I did not want to take him back, but we have 3 children together & he seemed very real with his apology & pain, so I said we would try to work on it, make things right because our relationship had strayed to far I thought we deserved another chance. I felt horrible about what I had done in the past... Well now, 10 months later, I still feel horrible. Wen he calls at work & cuts it short, I feel like there is another woman sitting there with him. I dont think I will ever be able to get rid of that voice in the bck of my mind telling me he is cheating. I dont know what to do. We have conversations that usually end up in a blame game- he always directs it back to me. Any advice? I feel so horible about what I have done, I feel like i deserve it.


----------



## Exsquid (Jul 31, 2012)

First off you both cheated. Just because your husband gave you permission to "experiment" doesn't mean that you are not at fault here. IMO you guys are equally responsible for the current state of your marriage. The only thing you guys should do now is get a well qualified marriage counselor. recommit to each other and see how things pan out. The other alternative would be divorce.

The bottom line is both of you have been irresponsible and you must work through this together or dissolve this marriage. 

Just my thoughts. I wish you luck.


----------



## In_The_Wind (Feb 17, 2012)

i would suggest going to mc and learning how to communicate and or fight nicely see if yall can work things out the reason is that you do not want these issues to surface in your next relationship. If after doing and trying all you can and you still feel as above then go thru the divorce I would want to try everything to save the marriage that way i have no regrets latter on down the road. 
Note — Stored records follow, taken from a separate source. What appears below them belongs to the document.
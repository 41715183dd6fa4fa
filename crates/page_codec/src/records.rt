ghost use Rattle.std.specs.Prelude.{◌≡◌, ◌≤◌, ◌+◌, length};
ghost use Rattle.page_codec.specs.Records.{group_bytes, group_from, group_of, head_bytes, head_from, head_of, maker_from, maker_number, point_from, terminal_number, triangle_bytes, triangle_from, triangle_of};

use crate::numbers::{read_numbers, write_numbers};
use crate::sizes::{CLUSTER_BYTES, GROUP_BYTES, NO_MAKER};
use dag_core::{ClusterHead, Group};
use geom_core::limits::TRIANGLE_BYTES;
use geom_core::{Cube, Pt, Tagged, Tri};

/// Returns the record of a triangle: its corners, then its source.
#[tactic(auto, unfolding(crate::specs::Records::triangle_numbers))]
pub(crate) fn triangle_record(t: Tagged) -> [u8; TRIANGLE_BYTES as usize]
    ensures spelling { result ≡ triangle_bytes t }
{
    let Tri { a, b, c } = t.tri;
    let mut record = [0; TRIANGLE_BYTES as usize];
    let numbers = [
        a.x.cast_unsigned(),
        a.y.cast_unsigned(),
        a.z.cast_unsigned(),
        b.x.cast_unsigned(),
        b.y.cast_unsigned(),
        b.z.cast_unsigned(),
        c.x.cast_unsigned(),
        c.y.cast_unsigned(),
        c.z.cast_unsigned(),
        t.source,
    ];
    write_numbers(&numbers, &mut record);
    record
}

/// Returns the point of three numbers, from number k on.
fn point_from(k: usize, numbers: &[u32]) -> Pt
    requires room { k + 3 ≤ length numbers.now }
    ensures point { result ≡ point_from k numbers.now }
{
    Pt {
        x: numbers[k].cast_signed(),
        y: numbers[k + 1].cast_signed(),
        z: numbers[k + 2].cast_signed(),
    }
}

/// Returns the triangle of a record.
#[tactic(auto, unfolding(crate::specs::Records::triangle_from))]
pub(crate) fn triangle_of(bytes: &[u8]) -> Tagged
    requires length { length bytes.now ≡ TRIANGLE_BYTES }
    ensures triangle { result ≡ triangle_of bytes.now }
{
    let mut numbers = [0; 10];
    read_numbers(bytes, &mut numbers);
    let a = point_from(0, &numbers);
    let b = point_from(3, &numbers);
    let c = point_from(6, &numbers);
    Tagged {
        tri: Tri { a, b, c },
        source: numbers[9],
    }
}

/// Returns 1 for a terminal group, 0 for any other.
fn terminal_number(terminal: bool) -> u32
    ensures number { result ≡ terminal_number terminal }
{
    u32::from(terminal)
}

/// Returns the record of a group.
#[tactic(auto, unfolding(crate::specs::Records::group_numbers))]
pub(crate) fn group_record(group: &Group) -> [u8; GROUP_BYTES as usize]
    ensures spelling { result ≡ group_bytes group.now }
{
    let Cube { lo, hi } = group.cube;
    let mut record = [0; GROUP_BYTES as usize];
    let numbers = [
        group.error,
        terminal_number(group.terminal),
        lo.x.cast_unsigned(),
        lo.y.cast_unsigned(),
        lo.z.cast_unsigned(),
        hi.x.cast_unsigned(),
        hi.y.cast_unsigned(),
        hi.z.cast_unsigned(),
        group.page,
        group.first,
        group.count,
    ];
    write_numbers(&numbers, &mut record);
    record
}

/// Returns the group of eleven numbers.
#[tactic(auto, unfolding(crate::specs::Records::group_from))]
pub(crate) fn group_from(numbers: &[u32]) -> Group
    requires length { length numbers.now ≡ 11 }
    ensures group { result ≡ group_from numbers.now }
{
    let lo = point_from(2, numbers);
    let hi = point_from(5, numbers);
    Group {
        error: numbers[0],
        terminal: numbers[1] == 1,
        cube: Cube { lo, hi },
        page: numbers[8],
        first: numbers[9],
        count: numbers[10],
    }
}

/// Returns the number of a cluster's maker, or `NO_MAKER`.
fn maker_number(made: Option<u32>) -> u32
    ensures number { result ≡ maker_number made }
{
    match made {
        Some(maker) => maker,
        None => NO_MAKER,
    }
}

/// Returns the maker of this number, or `None` for `NO_MAKER`.
fn maker_from(number: u32) -> Option<u32>
    ensures maker { result ≡ maker_from number }
{
    (number != NO_MAKER).then_some(number)
}

/// Returns the record of a cluster: its maker, then the number of its triangles.
#[tactic(auto, unfolding(crate::specs::Records::head_numbers))]
pub(crate) fn head_record(head: ClusterHead) -> [u8; CLUSTER_BYTES as usize]
    ensures spelling { result ≡ head_bytes head }
{
    let mut record = [0; CLUSTER_BYTES as usize];
    write_numbers(&[maker_number(head.made), head.tris], &mut record);
    record
}

/// Returns the cluster of a record.
#[tactic(auto, unfolding(crate::specs::Records::head_from))]
pub(crate) fn head_of(bytes: &[u8]) -> ClusterHead
    requires length { length bytes.now ≡ CLUSTER_BYTES }
    ensures head { result ≡ head_of bytes.now }
{
    let mut numbers = [0; 2];
    read_numbers(bytes, &mut numbers);
    ClusterHead {
        made: maker_from(numbers[0]),
        tris: numbers[1],
    }
}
I had an affair for about 6 months on my wife this was over 3 yrs ago she found out during MC and she had a revenge affair 2 wrongs do not make a right anyway we were both set on divorcing we went to mc just to try and before we knew we fell back in love and i moved back home this was over 3 yrs agao and our marriage has never been better in this last june we celebrated 12 yrs of marriage and i am so glad that we tried 

Good Luck


----------



## Jfamily (Sep 24, 2012)

Thank you exsquid, I know I am guilty too, I guess my problem is I know how I truly feel- that I want our marriage to work, & I am fully capable & have no doubts of myself being commited 100%. Its just with the track record, & recent events, that I question my husbands capabilities. Counseling has been talked about in great lengths with us, we just need to put it in action. Thanks again for your reply.


----------



## Jfamily (Sep 24, 2012)

Thats very encouraging to hear In_the_wind... I feel like everyday I am thinking about this-&the past, it hurts so much... Do these thoughts go away? Have you moved past that? Does there come a day that you really get over it & can trust fully?


----------



## alte Dame (Aug 7, 2012)

I don't think that either one of you is mature enough to have a real marriage. And you've brought 3 innocent children into the mess.

Sure, try MC. Maybe it will help you both grow up. If you have your eyes on the prize at all, though, you will keep yourself focused on raising your children with a modicum of good values.


----------



## In_The_Wind (Feb 17, 2012)

Jfamily said:


> Thats very encouraging to hear In_the_wind... I feel like everyday I am thinking about this-&the past, it hurts so much... Do these thoughts go away? Have you moved past that? Does there come a day that you really get over it & can trust fully?


1. Yes they fade like anything else the hurt goes away as well over time. we stay so busy and are together so much that helps as well for her and for me. we started doing the minimum of 10 hours a week just me and her no kids doing things that we used to do when we first started dating. if you are just watching tv together that doesnt count you have to be out doing things like walking in the park, going to movies, going on dates, going on dates with other couples etc she also got a motorcycle to go riding with me we do that alot it is fun so she took up a hobbie of mine we work out together at home and i am helping her on her master's degree work 
2. Yes i feel i have and so has my spouse trust takes time to rebuild. 
3. I have learned so much about myself and others going thru this process the old saying time heals applys greatly to this type of situation 

I always joke with my guy friends well she was half my age (i just turned 50 this last year) I thought my wife would be impressed that her old man still had it in him to get a girl half his age -i am just joking the saying trust but verify come to mind


----------



## Jfamily (Sep 24, 2012)

Thank you In_the_wind, you give me hope  I am glad to hear others with similar situations have gone through this & came out stronger & happy. Thanks again & best of luck for your marriage!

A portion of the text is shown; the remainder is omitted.